叶忆葡又忍不住幻想起来,捏了捏自己的小胳膊,虽然已经长出了几分肌肉,但和过去的自己相比也只是聊胜于无,一声叹息,跑也跑不了,留下可能要做妾,想想花姨娘,叶忆葡后背开始发寒。

郁闷得一头栽倒在踏上,被子香香的软软的,叶忆葡想着想着就累了,还是先吃饱睡好再想对策吧,反正天无绝人之路。

没想到,晚上姨母却主动登门了。

“你和谢二郎事后,有没有说什么啊,说的如何?”勤二夫人开门见山。

叶忆葡诧异的抬头,她自始至终其实并不认为勤二夫人全部参与了,因为从头到尾涉及的仆从都只有姜菲自己贴身的人,

“姨母,这事,是姜菲自己做的,还是您也参与了?”

“问这个做什么,姨母只想知道已经发生的事。”勤二夫人自是淡定,她惯来做事不肯都和叶忆葡解释,这个外甥女只要乖乖听话便好,自己又不是不肯帮她打算的。

“因为,我想知道。

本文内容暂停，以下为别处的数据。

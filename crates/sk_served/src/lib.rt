//! The step function of the store over commands, and that its plain run is the plain store.
#![tactic(auto)]

pub mod laws;
mod reserved;

pub use reserved::names_reserved;
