//! Work: a crew takes turns of the processes that a scenario declares.
ghost use Rattle.std.specs.Prelude.{◌≡◌, ◌++◌, IfOk, IfSome, OnErr, OnOk};
ghost use Rattle.std.specs.Int.{IsInRange};
ghost use Rattle.std.specs.Io.KnownBytes.{Appends};
ghost use Rattle.std.specs.Io.Buffered.{writer_buffer, writer_contents};
ghost use Rattle.sk_command.specs.Ends.{IsFlushed};
ghost use Rattle.sk_play.specs.WorldReport.{desk_report_text, workers_line};
ghost use Rattle.speculate.specs.Work.{AppendsFront, CanLeave, EndsWork, IsTold};

use sk_client::Desk;
use sk_command::end::{End, flushed};
use sk_crew::{CrewPlan, run_crew};
use sk_play::{desk_of, write_desk_report, write_workers};
use sk_report::Stop;
use sk_scenario::Declarations;
use sk_server::Server;
use sk_workers::{Gate, History};
use std::alloc::Global;
use std::io::{BufWriter, ErrorKind, Write};
use std::marker::Brand;
use std::sync::Wait;
use std::sync::ledger::Blank;
use std::thread::Threads;

/// How many private instructions a worker runs at most before each of its turns.
const AHEAD: u32 = 64;

/// A gate that lets every worker pass at once.
#[derive(Drop)]
struct Unguarded;

impl Gate for Unguarded {
    fn before(&self, _worker: u8, _turn: u64) {}
}

/// What a crew leaves: its desk and its server, and how many calls of the desk its workers made.
struct Worked {
    desk: Desk,
    server: Server,
    calls: usize,
}

/// Lets 1 to 8 workers take so many turns at most each of the processes that are declared, writes the report of the desk that
/// they leave, and their number and that of their calls, and writes out what the output buffers.
pub(crate) fn run_work<R: Threads + Wait + Sync, W: Write + Drop>(
    rt: &R,
    alloc: Global,
    workers: u8,
    turns: u32,
    declarations: &Declarations,
    out: &mut BufWriter<W>,
) -> End
    requires { IsInRange 1 8 workers }
    ensures end { EndsWork workers turns declarations.now result
        (writer_contents W.contents out.old) (writer_contents W.contents out.new) }
    ensures flushed { IsFlushed result (writer_buffer out.new) }
{
    let Some(worked) = work(rt, alloc, workers, turns, declarations) else {
        return End::Trouble;
    };
    tell_worked(alloc, workers, worked, out)
}

/// Lets a crew work that has a ledger of its own: each worker has a thread of its own, and the server has another. `None` where
/// memory ran out, or the desk could not be closed.
fn work<R: Threads + Wait + Sync>(
    rt: &R,
    alloc: Global,
    workers: u8,
    turns: u32,
    declarations: &Declarations,
) -> Option<Worked>
    requires { IsInRange 1 8 workers }
    ensures { IfSome result (λ worked. CanLeave workers turns declarations.now
        worked.calls worked.desk) }
{
    let Ok((desk, server)) = desk_of(alloc, declarations) else {
        return None;
    };
    let plan = CrewPlan {
        workers,
        turns,
        ahead: AHEAD,
    };
    let blank = Blank::new(u64::from(workers));
    let Ok((history, server)) = run_crew::<Brand, R, Unguarded>(
        rt, alloc, blank, desk, server, plan, &Unguarded,
    ) else {
        return None;
    };
    let History { entries, desk } = history;
    let calls = entries.len();
    Some(Worked {
        desk,
        server,
        calls,
    })
}

/// Writes out the report of what a crew left, and the line of workers; nothing of them where memory runs out.
fn tell_worked<W: Write + Drop>(
    alloc: Global,
    workers: u8,
    worked: Worked,
    out: &mut BufWriter<W>,
) -> End
    ensures end { IsTold
        (desk_report_text worked.desk worked.server ++ workers_line workers worked.calls) result
        (writer_contents W.contents out.old) (writer_contents W.contents out.new) }
    ensures flushed { IsFlushed result (writer_buffer out.new) }
{
    let Worked {
        desk,
        server,
        calls,
    } = worked;
    let text = worked_text(alloc, workers, &desk, &server, calls);
    desk.abandon();
    match text {
        Ok(text) => tell(text.as_slice(), out),
        Err(_) => End::Trouble,
    }
}

/// The report of a desk and a server, and the line of workers.
fn worked_text(
    alloc: Global,
    workers: u8,
    desk: &Desk,
    server: &Server,
    calls: usize,
) -> Result<Vec<u8>, Stop>
    ensures { IfOk result (λ text. text.items
        ≡ desk_report_text desk.now server.now ++ workers_line workers calls) }
{
    let mut text = Vec::new(alloc);
    write_desk_report(alloc, desk, server, &mut text)?;
    write_workers(workers, calls, &mut text)?;
    Ok(text)
}

/// Writes out a text.
fn tell<W: Write + Drop>(text: &[u8], out: &mut BufWriter<W>) -> End
    ensures end { IsTold text.now result
        (writer_contents W.contents out.old) (writer_contents W.contents out.new) }
    ensures flushed { IsFlushed result (writer_buffer out.new) }
{
    match put(text, out) {
        Ok(()) => flushed(out),
        Err(_) => End::OutputRefused,
    }
}

/// Writes a text, of which a beginning stands there where the output refuses the rest.
fn put<W: Write>(text: &[u8], out: &mut W) -> Result<(), Stop>
    ensures ok { OnOk result (Appends (W.contents out.old) (W.contents out.new) text.now) }
    ensures err { OnErr result
        (AppendsFront (W.contents out.old) (W.contents out.new) text.now) }
{
    let mut rest = text;
    for _ in 0..u64::MAX {
        if rest.is_empty() {
            return Ok(());
        }
        match out.write(rest) {
            Ok(0) => return Err(Stop::Output),
            Ok(count) => rest = &rest[count..],
            Err(error) => {
                if error.kind() != ErrorKind::Interrupted {
                    return Err(Stop::Output);
                }
            }
        }
    }
    Err(Stop::Output)
}
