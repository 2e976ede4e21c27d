//! `speculate`: plays a scenario on a kernel that runs ahead on guesses. What it does with a scenario is in `sk_run`; here are
//! its run, its threads, its inputs and its outputs.
#![tactic(auto)]

pub mod program;
mod working;

use crate::program::run;
use sk_command::end::End;
use sk_command::open_input::OpenInput;
use std::io::{BufWriter, ErrorKind, Read, Write};
use std::process::ExitCode;
use std::rt::Files;
use std::sync::Wait;
use std::thread::Threads;
use std::{env, fs, io};

/// An input: a file, or the standard input.
#[derive(Drop)]
enum Source<F, S> {
    File(F),
    Standard(S),
}

impl<F: Read, S: Read> Read for Source<F, S> {
    fn read(&mut self, buf: &mut [u8]) -> io::Result<usize> {
        match self {
            Source::File(file) => file.read(buf),
            Source::Standard(input) => input.read(buf),
        }
    }
}

/// Opens files by name; `-` is the standard input.
#[derive(Drop)]
struct System<'a, R> {
    rt: &'a R,
}

impl<R: Files + Input> OpenInput for System<'_, R> {
    type Reader = Source<R::File, R::Reader>;

    fn open(&self, name: &str) -> io::Result<Source<R::File, R::Reader>> {
        if name == "-" {
            Ok(Source::Standard(self.rt.reader()))
        } else {
            Ok(Source::File(fs::open(self.rt, name)?))
        }
    }
}

/// How the run ends where its words can't be had.
fn end_without_words(rt: &HostRuntime, error: &io::Error) -> End {
    if error.kind() != ErrorKind::InvalidData {
        return End::Trouble;
    }
    let _ = writeln!(rt.stderr(), "error: a word is not UTF-8");
    End::Usage
}

/// Runs the program on the words of its process; its threads come from a runtime that has them.
fn end_of<T: Threads + Wait + Sync>(rt: &HostRuntime, threads: &T) -> End {
    let words = match env::args(rt) {
        Ok(words) => words.collect::<Vec<String>>(rt.alloc()),
        Err(error) => return end_without_words(rt, &error),
    };
    let Ok(words) = words else {
        return End::Trouble;
    };
    let Ok(mut out) = BufWriter::new(rt.alloc(), rt.stdout()) else {
        return End::Trouble;
    };
    let system = System { rt };
    let mut err = rt.stderr();
    let end = run(threads, rt.alloc(), &words, &system, &mut out, &mut err);
    // What a refused write left over is not written again.
    let _left = out.into_parts();
    end
}

fn main(rt: HostRuntime) -> ExitCode {
    ExitCode::from(end_of(&rt, &rt).status())
}
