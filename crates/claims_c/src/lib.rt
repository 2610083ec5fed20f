// The checks of claims for C, in an archive with no code of a search: each call of `claims` is handed on from here, with the promise that it has there.
#![tactic(auto)]

ghost use Rattle.std.specs.Prelude.{◌≡◌};
ghost use Rattle.floor.specs.Place.{floor_of};
ghost use Rattle.claims.specs.Route.{claim, route_verdict, packed};
ghost use Rattle.claims.specs.Table.{table_verdict, as_fault};

#[unsafe(no_mangle)]
pub extern "C" fn fradnumber_check_route(
    width: u32,
    height: u32,
    ways: u32,
    map: &[u8],
    start: u32,
    goal: u32,
    cost: u32,
    route: &[u8],
) -> u64
    ensures { result ≡ packed (route_verdict (floor_of width height ways) map.now (claim start goal cost route.now)) }
{
    claims::routes::fradnumber_check_route(width, height, ways, map, start, goal, cost, route)
}

#[unsafe(no_mangle)]
pub extern "C" fn fradnumber_check_table(
    width: u32,
    height: u32,
    ways: u32,
    map: &[u8],
    start: u32,
    costs: &[u32],
) -> u64
    ensures { result ≡ packed (as_fault (table_verdict (floor_of width height ways) map.now start costs.now)) }
{
    claims::tables::fradnumber_check_table(width, height, ways, map, start, costs)
}
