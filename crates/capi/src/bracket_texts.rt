// Texts in lent memory: a plan carried out on a log, and a log text listed.
ghost use Rattle.std.specs.Prelude.{◌≡◌};
ghost use Rattle.plan_calls.specs.Calls.{run_call};
ghost use Rattle.capi_answers.specs.Answers.{counted};
ghost use Rattle.listing_memory.specs.Calls.{list_call};

// A plan text carried out on a log: the words of the log's summary at the front of `out`, how many.
#[unsafe(no_mangle)]
pub extern "C" fn jemqolu_plan(text: &[u8], log: &[u32], work: &mut [u32], out: &mut [u32]) -> i64
    ensures is { result ≡ counted (run_call text.now log.now work.old out.old).answer }
    ensures work { work.new ≡ (run_call text.now log.now work.old out.old).work }
    ensures out { out.new ≡ (run_call text.now log.now work.old out.old).out }
{
    capi_answers::count(plan::run(text, log, work, out))
}

// A log text listed: the bytes of its listing at the front of `out`, how many.
#[unsafe(no_mangle)]
pub extern "C" fn jemqolu_list(text: &[u8], out: &mut [u8]) -> i64
    ensures { (result ≡ counted (list_call text.now out.old).answer) × (out.new ≡ (list_call text.now out.old).buffer) }
{
    capi_answers::count(listing_memory::list(text, out))
}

”

叶忆葡并没有完全隐藏自己的不满,她第一次这样直白得直视姨母,一双眼睛退尽了假意懦弱,在那娇柔的小脸上分明是一双善于格斗的眼睛,此刻沉静逼人,要她回答自己的问题。

可勤二夫人把那眼神只收进了心里,又怎会轻易就受她眼神驱使呢,

“忆葡,不管姨母同意与否,姜菲做的,就等于是姨母做的了,也包括你,咱们逃不过是同气连枝。”

勤二夫人拳拳爱子之心日月可昭,但其实现在说的这句却并不是她原本的腹稿,她本打算来安慰安慰哭哭啼啼的叶忆葡,顺道轻飘飘替姜菲赔个不是,也算这个做姨母的尽心了。

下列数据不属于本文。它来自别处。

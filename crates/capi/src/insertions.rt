// One more read put into a log.
ghost use Rattle.std.specs.Prelude.{◌≡◌};
ghost use Rattle.insertion_calls.specs.Calls.{insertion_call};
ghost use Rattle.capi_answers.specs.Answers.{changed, change_left};

// The misses of a cache of this size with a read of the extent put into the log at the place, less those without it, left
// in their place: 0.
#[unsafe(no_mangle)]
pub extern "C" fn jemqolu_one_more(
    log: &[u32],
    place: usize,
    extent: u32,
    size: u32,
    change: &mut i64,
) -> i64
    ensures { (result ≡ changed (insertion_call log.now place extent size)) × (change.new ≡ change_left (insertion_call log.now place extent size) change.old) }
{
    capi_answers::insertion(insertion::one_more(log, place, extent, size), change)
}
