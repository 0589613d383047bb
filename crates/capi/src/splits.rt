// One store split among customers.
ghost use Rattle.std.specs.Prelude.{◌≡◌};
ghost use Rattle.split_calls.specs.Calls.{split_call};
ghost use Rattle.capi_answers.specs.Answers.{counted};

// The misses in all of the customers' summaries, which stand end to end, at the shares found, which stand at the front of `shares`.
#[unsafe(no_mangle)]
pub extern "C" fn jemqolu_split(
    store: u32,
    leasts: &[u32],
    summaries: &[u32],
    shares: &mut [u32],
) -> i64
    ensures { (result ≡ counted (split_call store leasts.now summaries.now shares.old).answer) × (shares.new ≡ (split_call store leasts.now summaries.now shares.old).shares) }
{
    capi_answers::number(split::split(store, leasts, summaries, shares))
}
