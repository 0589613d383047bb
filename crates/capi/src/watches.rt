// A watch kept in lent words.
ghost use Rattle.std.specs.Prelude.{◌≡◌};
ghost use Rattle.capi_answers.specs.Answers.{counted, shared, share_left, done};
ghost use Rattle.watch_words.specs.Calls.{new_watch, note_in, watch_left, misses_in, share_in};

// A new watch's words at the front of the row: how many.
#[unsafe(no_mangle)]
pub extern "C" fn jemqolu_watch_new(size: u32, words: &mut [u32]) -> i64
    ensures { (result ≡ counted (new_watch size words.old).answer) × (words.new ≡ (new_watch size words.old).buffer) }
{
    capi_answers::count(watch_words::new_watch(size, words))
}

// The watch in the words takes one more answer, as the buffer of distances writes it.
#[unsafe(no_mangle)]
pub extern "C" fn jemqolu_watch_read(words: &mut [u32], word: u32) -> i64
    ensures { (result ≡ done (note_in words.old word).outcome) × (words.new ≡ watch_left (note_in words.old word).outcome (note_in words.old word).watch words.old) }
{
    capi_answers::done(watch_words::read(words, word))
}

// The misses of the watch in the words.
#[unsafe(no_mangle)]
pub extern "C" fn jemqolu_watch_misses(words: &[u32]) -> i64
    ensures { result ≡ counted (misses_in words.now) }
{
    capi_answers::number(watch_words::misses(words))
}

// The hit share of the watch in the words, left in its place: 1, or 0 for 'no reads'.
#[unsafe(no_mangle)]
pub extern "C" fn jemqolu_watch_share(words: &[u32], share: &mut f64) -> i64
    ensures { (result ≡ shared (share_in words.now)) × (share.new ≡ share_left (share_in words.now) share.old) }
{
    capi_answers::share(watch_words::share(words), share)
}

但她却第一次发觉,叶忆葡并不像自己印象里的那般好拿捏,勤二夫人确实没有参与,这不过是她给她的小狐狸一次练手的机会罢了,放任姜菲拿捏一个柔弱可欺的表姐,就算出了什么事也不过需要自己来善后,这倒难不倒勤二夫人。

一只羊羔,如何驱赶,还不是按着扬鞭人的心意,只是现下才后知后觉……如果羊圈里养的,从来不是羊,又该怎么办呢?

她不着痕迹在仔细看了看叶忆葡,心底开始猜测着其他的可能。

今天世子去过濯锦阁的事勤二夫人也已经知道了,虽然下人没有在近侧旁观到,但世子能为了叶忆葡把濯锦阁围的一个水泄不通,必是这外甥女颇有缘法。

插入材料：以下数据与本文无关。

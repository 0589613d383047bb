// Named moments of a session kept in lent words.
ghost use Rattle.std.specs.Prelude.{◌≡◌};
ghost use Rattle.capi_answers.specs.Answers.{counted, done};
ghost use Rattle.moments.specs.Names.{new_names};
ghost use Rattle.moments_words.specs.Calls.{name_in, return_in};

// Words in which no name is set, at the front of the row: how many.
#[unsafe(no_mangle)]
pub extern "C" fn jemqolu_names_new(names: &mut [u32]) -> i64
    ensures { (result ≡ counted (new_names names.old).answer) × (names.new ≡ (new_names names.old).buffer) }
{
    capi_answers::count(moments::new_names(names))
}

// The session in the words is put under the name: 0.
#[unsafe(no_mangle)]
pub extern "C" fn jemqolu_session_name(session: &[u32], names: &mut [u32], name: u32) -> i64
    ensures { (result ≡ done (name_in session.now names.old name).answer) × (names.new ≡ (name_in session.now names.old name).names) }
{
    capi_answers::done(moments_words::name_session(session, names, name))
}

// The session under the name comes to the front of the words: 0.
#[unsafe(no_mangle)]
pub extern "C" fn jemqolu_session_return(session: &mut [u32], names: &[u32], name: u32) -> i64
    ensures { (result ≡ done (return_in session.old names.now name).answer) × (session.new ≡ (return_in session.old names.now name).words) }
{
    capi_answers::done(moments_words::return_to(session, names, name))
}
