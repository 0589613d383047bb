// Summaries as words in lent memory.
ghost use Rattle.std.specs.Prelude.{◌≡◌};
ghost use Rattle.summary_calls.specs.Calls.{trace_call, join_call, misses_call, share_call};
ghost use Rattle.after.specs.Calls.{after_call};
ghost use Rattle.capi_answers.specs.Answers.{counted, shared, share_left};

// The summary of a list of reads, at the front of `out`: how many words.
#[unsafe(no_mangle)]
pub extern "C" fn jemqolu_summarize(reads: &[u32], out: &mut [u32]) -> i64
    ensures { (result ≡ counted (trace_call reads.now out.old).answer) × (out.new ≡ (trace_call reads.now out.old).buffer) }
{
    capi_answers::count(summary::of_trace(reads, out))
}

// The summary of A, then B, at the front of `out`: how many words.
#[unsafe(no_mangle)]
pub extern "C" fn jemqolu_join(a: &[u32], b: &[u32], out: &mut [u32]) -> i64
    ensures { (result ≡ counted (join_call a.now b.now out.old).answer) × (out.new ≡ (join_call a.now b.now out.old).buffer) }
{
    capi_answers::count(summary::join(a, b, out))
}

// The distances of a part's reads after the summary of all that was read before, at the front of `out`: how many words.
#[unsafe(no_mangle)]
pub extern "C" fn jemqolu_distances(prefix: &[u32], reads: &[u32], out: &mut [u32]) -> i64
    ensures { (result ≡ counted (after_call prefix.now reads.now out.old).answer) × (out.new ≡ (after_call prefix.now reads.now out.old).buffer) }
{
    capi_answers::count(after::distances(prefix, reads, out))
}

// The misses of a cache of this size.
#[unsafe(no_mangle)]
pub extern "C" fn jemqolu_misses(words: &[u32], size: u32) -> i64
    ensures { result ≡ counted (misses_call words.now size) }
{
    capi_answers::number(summary::misses(words, size))
}

// The hit share of a cache of this size, left in its place: 1, or 0 for 'no reads'.
#[unsafe(no_mangle)]
pub extern "C" fn jemqolu_share(words: &[u32], size: u32, share: &mut f64) -> i64
    ensures { (result ≡ shared (share_call words.now size)) × (share.new ≡ share_left (share_call words.now size) share.old) }
{
    capi_answers::share(summary::share(words, size), share)
}
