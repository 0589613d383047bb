// What C, Rust and Python call: numbers, and each slice as a pointer and then a length.
#![tactic(auto)]

mod allowances;
mod bracket_texts;
mod insertions;
mod named_moments;
mod sessions;
mod splits;
mod summaries;
mod watches;
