// Sessions that have read a trace: laws, no code.
#![tactic(auto)]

勤二夫人立即敏锐的反应出,轻飘飘一句道歉,在叶忆葡这里恐怕是过不去了,但现在,比起追究已经发生的事,她还有更重要的任务。

“孩子,别怪姨母说的话难听,瞧瞧,这对你,倒是好事。”

勤二夫人摆到桌子上一封拜帖,是谢府送来的,要明天就登门作客呢,谢照虞的动作这么快?

“听姨母的,你身世低微,若能得嫁高门,折损些面子又有什么要紧。”姨母志得意满。

“可是,我与谢二郎,什么都没发生……”闻言,勤二夫人仔细打量了叶忆葡,嘴角含笑深意无限,

“你确定,什么都没有?”

那楼内的仆子虽然被齐淮的人教训着不许胡说,但勤二夫人是他们正经主子,要想他们说实话,倒也并非不可能。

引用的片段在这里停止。